Andrew Mason has his own kind of panache. Not the epic, Steve Jobs panache. Or the eclectic, Barry Diller panache. Or even the oafish, Steve Ballmer panache. But as a CEO of one of the fastest-growing startups in history, he had the small-scale, misfit quirkiness of an indie movie. Panache-ette.
Looking back on Groupon’s meteoric history under his leadership, Mason’s offbeat style was at once one of the best things and one of the worst things about the company. It put a playful, giddy spin on its daily deals business. But it also sounded a harsh note on Wall Street and sometimes veered into the bizarre. Mason exemplified the cult of the founder even as he outlined its limitations.

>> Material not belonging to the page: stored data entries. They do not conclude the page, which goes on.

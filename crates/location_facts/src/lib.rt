//! Facts at the locations (symbols) of a program: lower bounds on values, and on differences of two values, that hold
//! whenever a run is at the symbol. They are found as a greatest fixpoint (as in Houdini) by linear programs.
//!
//! Builds on `simplex_core` and `rule_questions`. Main guarantee: `facts` finds exactly the facts that are kept within
//! a number of pivots (`AreKept`; there is at most one such list, `kept_facts_are_one`), with faultless proofs.
//! `facts_fault` reports no fault exactly for facts and proofs without one (`AreProved`), and otherwise the first
//! (`faults_are_decided`). Such facts hold on every run (`proved_facts_hold`). The program that `strengthen` builds
//! from facts that hold has the same runs (`strengthening_changes_no_run`).
#![tactic(auto)]

mod asking;
mod candidates;
mod checks;
mod copies;
mod elements;
mod fact;
mod faults;
mod implied;
mod laws;
mod rounds;
mod rows;
mod rules;
mod shown;
mod strengthening;
mod tables;

pub use fact::{FactFault, FactProof, LocFact, LocFacts};
pub use faults::facts_fault;
pub use laws::{
    answers_decide_implied, candidates_are_listed, facts_are_as_worked_out,
    faults_are_as_worked_out, faults_are_decided, kept_facts_are_as_worked_out, kept_facts_are_one,
    proved_facts_hold, strengthening_changes_no_run,
};
pub use rounds::facts;
pub use strengthening::{facts_at, greatest_least, strengthen};
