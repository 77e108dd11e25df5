//! Laws of which facts are candidates, when a rule implies a fact, which facts are kept, what proved facts imply, which
//! fault is the first, and what strengthening changes; and worked values of all this. No function here has code: the
//! contract of each is a law.

ghost use Rattle.location_facts.specs.Laws.{CandidatesAreListed, ProvedFactsHold, FaultsAreDecided};
ghost use Rattle.location_facts.specs.Laws.{StrengtheningChangesNoRun, KeptFactsAreOne, AnswersDecideImplied};
ghost use Rattle.location_facts.specs.Worked.{FactsAreWorkedOut};
ghost use Rattle.location_facts.specs.WorkedFaults.{FaultsAreWorkedOut};
ghost use Rattle.location_facts.specs.WorkedKept.{KeptFactsAreWorkedOut};

/// The list of candidates contains each candidate fact, in order, and no others.
pub fn candidates_are_listed()
    ensures { CandidatesAreListed }
{}

/// Facts with faultless proofs are candidates and hold on every run of a valid program, whatever their origin.
pub fn proved_facts_hold()
    ensures { ProvedFactsHold }
{}

/// Facts and their proofs have at most one first fault; and if they have one, they aren't faultless.
pub fn faults_are_decided()
    ensures { FaultsAreDecided }
{}

/// Strengthened by candidate facts that hold on every run, a valid program is still valid and has the same runs, and
/// each bound of the strengthened program holds for the program itself.
pub fn strengthening_changes_no_run()
    ensures { StrengtheningChangesNoRun }
{}

/// For each number of pivots, at most one list of facts is kept.
pub fn kept_facts_are_one()
    ensures { KeptFactsAreOne }
{}

/// A rule implies a fact exactly if the answer to one of its two linear programs is a solution, and not a dual or a hit
/// limit.
pub fn answers_decide_implied()
    ensures { AnswersDecideImplied }
{}

/// Worked values, on both sides, of which facts are candidates, which hold, of their rows, their certificates, and
/// their atoms.
pub fn facts_are_as_worked_out()
    ensures { FactsAreWorkedOut }
{}

/// Worked values of faultless proofs, and of the first faults of others.
pub fn faults_are_as_worked_out()
    ensures { FaultsAreWorkedOut }
{}

/// Worked values of which facts of small programs are kept, and of the linear programs for them, with solutions and
/// duals.
pub fn kept_facts_are_as_worked_out()
    ensures { KeptFactsAreWorkedOut }
{}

Now the Mason effect is gone from Groupon, along with Mason himself. “I’ve decided that I’d like to spend more time with my family. Just kidding — I was fired today,” Mason wrote in a goodbye memo signed, “Love, Andrew.” It was pure Andrew Mason. Endearingly honest, yet unintentionally awkward.
Mason seems to be departing with his sense of humor intact. By the same token, his departure is unlikely to change anything at Groupon. He was, at most, a symptom of a deeper problem, the cherubic face of a young company that was growing up too fast. Groupon is still going to have to deal with the hangover of growing too much too quickly.
The defenestration of Andrew Mason was widely expected, telegraphed in recent months by rumors that the board was looking for someone more seasoned, and made all but certain after a dismal earnings report yesterday that sent Groupon’s stock tumbling 24 percent today. (The stock spiked 12 percent briefly in after-hours trading on news of Mason’s departure, but fell back. It’s lately trading at $4.70, up 4 percent from the official close.)
In what must have been a gesture by the board to show it was serious, Mason was sent packing without a new CEO in place. Instead two board members, executive chairman Eric Lefkofsky and vice chairman Ted Leonsis, will be interim co-CEOs. But this move is in itself unsettling. Co-CEOs rarely make for a good solution. And interim leaders will only add to the uncertainty that is weighing on Groupon’s stock.
What’s more, Lefkofsky’s influence on Groupon during its rise is greater than it appeared while Mason was at the helm. The grow-at-all-costs ethic that spurred Groupon’s early success and is causing its present problems is right out of the Lefkofsky playbook. Lefkofsky was one of the Groupon insiders who cashed out hundreds of millions of dollars before the company’s IPO.
Lefkofsky still owns a fifth of Groupon shares, however, so he still has a vested interest in seeing the company succeed. And for now, he and the board have bought at no cost something they very much need: more time. Swapping CEOs can cause turmoil in the short run, but it allows you to beseech unhappy shareholders to give the new CEO at least several quarters to fix things.
That new CEO will have a tough task. Groupon’s main business – the daily-deal, group coupons – rode a consumer fad that grew popular before losing allure as quickly as eBay’s auctions did a decade ago. The newer Groupon Goods, which sells discounted products directly to consumers, is a low-margin business that could easily be undercut by other competitors and that is already seeing its annual growth slow down.
Groupon could well find modest success in these areas over time, but it’s quite likely that its days of rapid growth are coming to an end. It’s hitting middle age sooner than even a lot of Internet startups do.
In that sense, the departure of Mason’s youthful face is fitting. Perhaps a more weathered, world-weary appearance is needed to set the tone for the company’s future expectations. But a word of warning to that new face: Stay away from the window in the CEO’s office. It’s a dangerous place to stand for too long.